- _Your objective_: After counting the lines below that hold the word "NameKey", reply with the count and nothing else.

- _Dataset content_:
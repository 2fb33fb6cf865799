//! One allocation is refused, which `checks/hostile/refused_growths.py tests` does from outside: the first, the
//! second, and so on.
use super::commands::{AnySize, Command};
use super::supply::Supply;
use super::{Calls, make};
use std::alloc::AllocGlobal;
use std::process::Abort;
use std::sync::Wait;
use std::test::Fail;
use std::thread::Threads;

/// Makes the calls with ample memory, but for what is refused from outside.
fn make_once<H: AllocGlobal + Threads + Wait + Abort + Sync>(
    rt: &H,
    calls: Calls,
) -> Result<(), Fail> {
    make(rt, calls, &mut Supply::ample(rt.alloc()))
}

#[test]
fn programs(rt: HostRuntime) -> Result<(), Fail> {
    make_once(&rt, Calls::Program)
}

#[test]
fn words(rt: HostRuntime) -> Result<(), Fail> {
    make_once(&rt, Calls::Words)
}

#[test]
fn inputs(rt: HostRuntime) -> Result<(), Fail> {
    make_once(&rt, Calls::Input)
}

#[test]
fn rows(rt: HostRuntime) -> Result<(), Fail> {
    make_once(&rt, Calls::Rows)
}

#[test]
fn segments(rt: HostRuntime) -> Result<(), Fail> {
    make_once(&rt, Calls::Segments)
}

#[test]
fn siblings(rt: HostRuntime) -> Result<(), Fail> {
    make_once(&rt, Calls::Siblings)
}

#[test]
fn cores(rt: HostRuntime) -> Result<(), Fail> {
    make_once(&rt, Calls::Core)
}

#[test]
fn given_runs(rt: HostRuntime) -> Result<(), Fail> {
    make_once(&rt, Calls::GivenRuns)
}

#[test]
fn analyses(rt: HostRuntime) -> Result<(), Fail> {
    make_once(&rt, Calls::Analysis)
}

#[test]
fn spans(rt: HostRuntime) -> Result<(), Fail> {
    make_once(&rt, Calls::Span)
}

#[test]
fn greedy_runs(rt: HostRuntime) -> Result<(), Fail> {
    make_once(&rt, Calls::Greedy)
}

#[test]
fn curves(rt: HostRuntime) -> Result<(), Fail> {
    make_once(&rt, Calls::Curve)
}

#[test]
fn trials(rt: HostRuntime) -> Result<(), Fail> {
    make_once(&rt, Calls::Trial)
}

#[test]
fn certificates(rt: HostRuntime) -> Result<(), Fail> {
    make_once(&rt, Calls::Certificate)
}

#[test]
fn checks(rt: HostRuntime) -> Result<(), Fail> {
    make_once(&rt, Calls::Check)
}

#[test]
fn lanes(rt: HostRuntime) -> Result<(), Fail> {
    make_once(&rt, Calls::Lane)
}

#[test]
fn one_worker(rt: HostRuntime) -> Result<(), Fail> {
    make_once(&rt, Calls::Run { workers: 1 })
}

#[test]
fn two_workers(rt: HostRuntime) -> Result<(), Fail> {
    make_once(&rt, Calls::Run { workers: 2 })
}

#[test]
fn large_programs(rt: HostRuntime) -> Result<(), Fail> {
    make_once(&rt, Calls::LargeProgram)
}

#[test]
fn large_texts(rt: HostRuntime) -> Result<(), Fail> {
    make_once(&rt, Calls::LargeText)
}

#[test]
fn large_loops(rt: HostRuntime) -> Result<(), Fail> {
    make_once(&rt, Calls::LargeLoops)
}

#[test]
fn pieces(rt: HostRuntime) -> Result<(), Fail> {
    make_once(&rt, Calls::Pieces)
}

#[test]
fn large_table(rt: HostRuntime) -> Result<(), Fail> {
    make_once(&rt, Calls::LargeTable)
}

#[test]
fn large_show(rt: HostRuntime) -> Result<(), Fail> {
    make_once(&rt, Calls::LargeShow)
}

#[test]
fn command_span(rt: HostRuntime) -> Result<(), Fail> {
    make_once(&rt, Calls::Of(Command::Span))
}

#[test]
fn command_show(rt: HostRuntime) -> Result<(), Fail> {
    make_once(&rt, Calls::Of(Command::Show))
}

#[test]
fn command_slack(rt: HostRuntime) -> Result<(), Fail> {
    make_once(&rt, Calls::Of(Command::Slack))
}

#[test]
fn command_greedy(rt: HostRuntime) -> Result<(), Fail> {
    make_once(&rt, Calls::Of(Command::Greedy))
}

#[test]
fn command_curve(rt: HostRuntime) -> Result<(), Fail> {
    make_once(&rt, Calls::Of(Command::Curve))
}

#[test]
fn command_whatif(rt: HostRuntime) -> Result<(), Fail> {
    make_once(&rt, Calls::Of(Command::WhatIf))
}

#[test]
fn command_certify(rt: HostRuntime) -> Result<(), Fail> {
    make_once(&rt, Calls::Of(Command::Certify))
}

#[test]
fn command_run(rt: HostRuntime) -> Result<(), Fail> {
    make_once(&rt, Calls::Of(Command::Run))
}

#[test]
fn command_check(rt: HostRuntime) -> Result<(), Fail> {
    make_once(&rt, Calls::Of(Command::Check))
}

#[test]
fn command_replay(rt: HostRuntime) -> Result<(), Fail> {
    make_once(&rt, Calls::Of(Command::Replay))
}

#[test]
fn command_large_numbers(rt: HostRuntime) -> Result<(), Fail> {
    make_once(&rt, Calls::Of(Command::AnySize(AnySize::Numbers)))
}

#[test]
fn command_large_bounds(rt: HostRuntime) -> Result<(), Fail> {
    make_once(&rt, Calls::Of(Command::AnySize(AnySize::Bounds)))
}

#[test]
fn command_large_slack(rt: HostRuntime) -> Result<(), Fail> {
    make_once(&rt, Calls::Of(Command::AnySize(AnySize::Slack)))
}

#[test]
fn command_large_greedy(rt: HostRuntime) -> Result<(), Fail> {
    make_once(&rt, Calls::Of(Command::AnySize(AnySize::Greedy)))
}

#[test]
fn command_large_curve(rt: HostRuntime) -> Result<(), Fail> {
    make_once(&rt, Calls::Of(Command::AnySize(AnySize::Curve)))
}

#[test]
fn command_large_whatif(rt: HostRuntime) -> Result<(), Fail> {
    make_once(&rt, Calls::Of(Command::AnySize(AnySize::WhatIf)))
}

#[test]
fn command_large_graph(rt: HostRuntime) -> Result<(), Fail> {
    make_once(&rt, Calls::Of(Command::AnySize(AnySize::Graph)))
}

#[test]
fn command_large_version(rt: HostRuntime) -> Result<(), Fail> {
    make_once(&rt, Calls::Of(Command::AnySize(AnySize::Version)))
}

#[test]
fn command_large_listed(rt: HostRuntime) -> Result<(), Fail> {
    make_once(&rt, Calls::Of(Command::AnySize(AnySize::Listed)))
}

#[test]
fn command_large_replay(rt: HostRuntime) -> Result<(), Fail> {
    make_once(&rt, Calls::Of(Command::AnySize(AnySize::Replay)))
}
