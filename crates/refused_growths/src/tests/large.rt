//! Programs of any size, in one pass: over statements, over a text, over a text in two pieces, and
//! with the table of a text.
ghost use Rattle.std.specs.Prelude.{◌+◌, ◌<◌, ◌≤◌, ◌^◌, length};
ghost use Rattle.large_text.specs.Streamed.{CanTakeBytes};
ghost use Rattle.large_text.specs.declared.limits.TheConstants.{LARGEST_PIECE};

use super::supply::Supply;
use super::texts::program_of;
use large_text::fault::LargeFault;
use large_text::{TextMeter, measure_text};
use online_span::{Meter, measure};
use std::alloc::{AllocGlobal, Global};
use std::process::Abort;
use std::test::Fail;
use task_program::AllocFault;
use task_program::fault::ReadKind;
use task_program::name_key::NameKey;
use task_program::program::Program;

/// Six tasks are open at once, and six names are mentioned.
const DEEP: &[u8] = b"omptasks 1\nwork 1\ntask depend(in: a, b, c) depend(out: d, e, f) {\n\
    taskgroup { task if(0) { work 2 } }\n\
    task { work 3 task { work 4 task { task { taskgroup { work 5 } } } } }\n\
    work 13\n}\ntask depend(in: d) { work 1 }\ntaskwait\n";

/// Three iterations of a loop, each of three tasks.
const LOOPS: &[u8] = b"omptasks 2\nfor i 1 3 {\n\
    task depend(inout: a[i], b[i-1]) { task final(1) { task { taskgroup { work 2 } } } }\n}\ntaskwait\n";

/// Tasks, segments, work and span.
type Numbers = (u64, u64, u64, u64);

const NUMBERS: Numbers = (7, 18, 29, 17);

const NUMBERS_OF_LOOPS: Numbers = (9, 23, 6, 2);

fn numbers_of(meter: &Meter) -> Numbers {
    (
        meter.tasks(),
        meter.segments(),
        meter.total_work(),
        meter.span(),
    )
}

fn of_program(alloc: Global, program: &Program) -> Result<Numbers, AllocFault> {
    let meter = measure(alloc, program)?;
    Ok(numbers_of(&meter))
}

/// The numbers of a program that is read whole.
pub(super) fn program<H: AllocGlobal + Abort>(rt: &H, supply: &mut Supply) -> Result<(), Fail> {
    let program = program_of(rt, supply, DEEP)?;
    supply.before_call();
    let numbers = match of_program(rt.alloc(), &program) {
        Ok(numbers) => numbers,
        Err(_) => {
            supply.refused();
            of_program(rt.alloc(), &program)?
        }
    };
    assert_eq!(rt; numbers, NUMBERS);
    Ok(())
}

fn of_text(alloc: Global, text: &[u8]) -> Result<Numbers, LargeFault>
    requires { length text.now + 1 < 2 ^ 32 }
{
    let meter = measure_text(alloc, text)?;
    Ok(numbers_of(&meter))
}

fn has_numbers<H: AllocGlobal + Abort>(
    rt: &H,
    supply: &mut Supply,
    text: &[u8],
    wanted: Numbers,
) -> Result<(), Fail>
    requires { length text.now + 1 < 2 ^ 32 }
{
    supply.before_call();
    let numbers = match of_text(rt.alloc(), text) {
        Ok(numbers) => numbers,
        Err(fault) => {
            supply.refused();
            assert_eq!(rt; fault.kind, ReadKind::OutOfMemory);
            of_text(rt.alloc(), text)?
        }
    };
    assert_eq!(rt; numbers, wanted);
    Ok(())
}

/// The numbers of a text.
pub(super) fn text<H: AllocGlobal + Abort>(rt: &H, supply: &mut Supply) -> Result<(), Fail> {
    has_numbers(rt, supply, DEEP, NUMBERS)
}

/// The numbers of a text with loops.
pub(super) fn loops<H: AllocGlobal + Abort>(rt: &H, supply: &mut Supply) -> Result<(), Fail> {
    has_numbers(rt, supply, LOOPS, NUMBERS_OF_LOOPS)
}

fn of_pieces(alloc: Global, supply: &mut Supply, text: &[u8]) -> Result<Numbers, LargeFault>
    requires { length text.now ≤ LARGEST_PIECE }
{
    let (first, rest) = text.split_at(text.len() / 2);
    let mut pieces = TextMeter::new(alloc, NameKey::fixed());
    supply.before_call();
    match pieces.take(first) {
        Ok(()) => {}
        Err(_) => {
            supply.refused();
            return of_spent(pieces, first);
        }
    }
    supply.before_call();
    pieces.take(rest)?;
    supply.before_call();
    let meter = pieces.finish()?;
    Ok(numbers_of(&meter))
}

/// What comes of a meter that was refused a piece, with memory again: it takes no piece, and its end
/// is out of memory.
fn of_spent(mut pieces: TextMeter, piece: &[u8]) -> Result<Numbers, LargeFault>
    requires room { CanTakeBytes piece.now pieces }
    requires piece { length piece.now ≤ LARGEST_PIECE }
{
    match pieces.take(piece) {
        Ok(()) => Ok((0, 0, 0, 0)),
        Err(_) => {
            let meter = pieces.finish()?;
            Ok(numbers_of(&meter))
        }
    }
}

/// The numbers of a text in pieces. A refused piece spends its meter, so that the text is begun anew.
pub(super) fn pieces<H: AllocGlobal + Abort>(rt: &H, supply: &mut Supply) -> Result<(), Fail> {
    let numbers = match of_pieces(rt.alloc(), supply, DEEP) {
        Ok(numbers) => numbers,
        Err(fault) => {
            supply.refused();
            assert_eq!(rt; fault.kind, ReadKind::OutOfMemory);
            of_pieces(rt.alloc(), supply, DEEP)?
        }
    };
    assert_eq!(rt; numbers, NUMBERS);
    Ok(())
}

/// Tasks, with the root, and segments.
fn rows_of(alloc: Global, supply: &mut Supply, text: &[u8]) -> Result<(u32, u32), LargeFault>
    requires { length text.now ≤ LARGEST_PIECE }
{
    supply.before_call();
    let mut pieces = TextMeter::with_rows(alloc, NameKey::fixed())?;
    supply.before_call();
    pieces.take(text)?;
    supply.before_call();
    match pieces.finish_table()? {
        Some(table) => Ok((table.tasks(), table.len())),
        None => Ok((0, 0)),
    }
}

/// The rows of a text's table. Where the meter was refused anything, the text is begun anew.
pub(super) fn table<H: AllocGlobal + Abort>(rt: &H, supply: &mut Supply) -> Result<(), Fail> {
    let rows = match rows_of(rt.alloc(), supply, DEEP) {
        Ok(rows) => rows,
        Err(fault) => {
            supply.refused();
            assert_eq!(rt; fault.kind, ReadKind::OutOfMemory);
            rows_of(rt.alloc(), supply, DEEP)?
        }
    };
    assert_eq!(rt; rows, (8, 18));
    Ok(())
}

/// The canonical text of `DEEP`.
const SHOWN: &[u8] = b"omptasks 1\nwork 1\n\
    task depend(in: a, b, c) depend(out: d, e, f) {\ntaskgroup {\ntask if(0) {\nwork 2\n}\n}\n\
    task {\nwork 3\ntask {\nwork 4\ntask {\ntask {\ntaskgroup {\nwork 5\n}\n}\n}\n}\n}\n\
    work 13\n}\ntask depend(in: d) {\nwork 1\n}\ntaskwait\n";

fn text_of(alloc: Global, supply: &mut Supply, text: &[u8]) -> Result<Option<Vec<u8>>, LargeFault>
    requires { length text.now ≤ LARGEST_PIECE }
{
    supply.before_call();
    let mut pieces = TextMeter::with_rows_and_text(alloc, NameKey::fixed())?;
    supply.before_call();
    pieces.take(text)?;
    supply.before_call();
    let (text, _) = pieces.finish_text()?;
    Ok(text)
}

/// A text that is written anew. Where the meter was refused anything, the text is begun anew too.
pub(super) fn shown<H: AllocGlobal + Abort>(rt: &H, supply: &mut Supply) -> Result<(), Fail> {
    let text = match text_of(rt.alloc(), supply, DEEP) {
        Ok(text) => text,
        Err(fault) => {
            supply.refused();
            assert_eq!(rt; fault.kind, ReadKind::OutOfMemory);
            text_of(rt.alloc(), supply, DEEP)?
        }
    };
    match text {
        Some(text) => assert!(rt; text.as_slice() == SHOWN),
        None => assert!(rt; false),
    }
    Ok(())
}
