//! Threads that cannot be started.
use super::programs::{WORKED, table_of};
use super::runs::run_table;
use super::supply::{Left, Supply};
use std::alloc::AllocGlobal;
use std::process::Abort;
use std::sync::Wait;
use std::test::Fail;
use std::thread::Threads;
use worker_run::record::RunFault;

/// Room for the stacks of some threads, and not of 64.
const SOME_STACKS: usize = 1 << 26;

/// The fault of a run by so many workers with room for some stacks, if it has one.
fn fault_by<H: AllocGlobal + Threads + Wait + Abort + Sync>(
    rt: &H,
    supply: &mut Supply,
    workers: u32,
) -> Result<Option<RunFault>, Fail> {
    let table = table_of(rt, supply, WORKED)?;
    supply.begin_turn(Left::Row(SOME_STACKS), 0);
    supply.before_call();
    let told = run_table(rt, table, workers).err();
    supply.restore();
    Ok(told)
}

/// Where there is room for the threads of two workers, but not for those of 64, a run by 64 is out
/// of memory, though the first of them could work off all segments.
#[test]
fn threads_after_the_first_are_refused(rt: HostRuntime) -> Result<(), Fail> {
    let mut supply = Supply::scarce(rt.alloc())?;
    assert_eq!(rt; fault_by(&rt, &mut supply, 2)?, None);
    let told = fault_by(&rt, &mut supply, 64)?;
    assert_eq!(rt; told, Some(RunFault::OutOfMemory));
    Ok(())
}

- _Exercise response_: 4